--- Required action ---
From the material below, copy out each line with the word "their" in it.

----------

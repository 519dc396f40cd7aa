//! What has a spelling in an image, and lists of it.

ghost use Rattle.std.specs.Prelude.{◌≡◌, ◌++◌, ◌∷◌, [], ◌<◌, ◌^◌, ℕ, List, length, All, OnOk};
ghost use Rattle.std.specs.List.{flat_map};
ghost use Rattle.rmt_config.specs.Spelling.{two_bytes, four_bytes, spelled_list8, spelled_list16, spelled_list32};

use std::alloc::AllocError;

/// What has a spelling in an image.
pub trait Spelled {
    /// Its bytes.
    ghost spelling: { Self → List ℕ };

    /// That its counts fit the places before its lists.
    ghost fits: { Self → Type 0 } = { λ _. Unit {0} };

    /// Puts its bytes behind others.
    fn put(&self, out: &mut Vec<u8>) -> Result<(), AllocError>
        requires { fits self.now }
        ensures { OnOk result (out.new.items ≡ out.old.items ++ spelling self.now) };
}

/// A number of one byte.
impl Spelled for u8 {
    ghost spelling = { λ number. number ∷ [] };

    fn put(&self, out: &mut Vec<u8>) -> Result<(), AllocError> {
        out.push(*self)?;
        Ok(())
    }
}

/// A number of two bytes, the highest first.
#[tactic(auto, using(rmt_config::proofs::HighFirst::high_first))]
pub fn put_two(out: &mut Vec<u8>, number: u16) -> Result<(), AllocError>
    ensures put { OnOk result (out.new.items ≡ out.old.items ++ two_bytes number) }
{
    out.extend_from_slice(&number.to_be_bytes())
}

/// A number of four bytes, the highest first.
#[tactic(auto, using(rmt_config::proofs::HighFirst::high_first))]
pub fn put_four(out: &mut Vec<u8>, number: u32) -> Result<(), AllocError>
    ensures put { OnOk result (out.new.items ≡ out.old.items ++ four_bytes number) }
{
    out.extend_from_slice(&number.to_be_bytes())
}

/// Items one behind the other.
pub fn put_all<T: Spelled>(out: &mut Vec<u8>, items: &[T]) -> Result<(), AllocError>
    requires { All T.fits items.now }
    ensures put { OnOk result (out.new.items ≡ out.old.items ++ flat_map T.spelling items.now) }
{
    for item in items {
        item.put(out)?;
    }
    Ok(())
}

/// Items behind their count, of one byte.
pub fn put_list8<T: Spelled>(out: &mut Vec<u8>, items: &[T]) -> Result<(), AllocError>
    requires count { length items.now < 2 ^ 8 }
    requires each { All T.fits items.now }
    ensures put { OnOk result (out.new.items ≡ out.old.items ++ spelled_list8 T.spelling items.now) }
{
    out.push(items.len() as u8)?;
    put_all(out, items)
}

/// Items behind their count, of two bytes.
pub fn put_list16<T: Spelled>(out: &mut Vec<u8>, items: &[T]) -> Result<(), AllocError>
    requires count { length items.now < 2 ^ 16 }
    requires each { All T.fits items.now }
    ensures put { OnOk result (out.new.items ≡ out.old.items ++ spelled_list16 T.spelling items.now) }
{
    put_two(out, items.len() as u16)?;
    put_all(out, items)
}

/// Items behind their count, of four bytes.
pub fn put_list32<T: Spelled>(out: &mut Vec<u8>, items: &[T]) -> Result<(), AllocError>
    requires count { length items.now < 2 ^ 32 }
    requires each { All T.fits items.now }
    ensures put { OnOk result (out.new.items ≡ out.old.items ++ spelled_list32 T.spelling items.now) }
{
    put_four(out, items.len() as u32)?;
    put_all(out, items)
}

----------

--- Response to this exercise ---
/// Items behind their count, of one byte.
/// Items behind their count, of two bytes.
/// Items behind their count, of four bytes.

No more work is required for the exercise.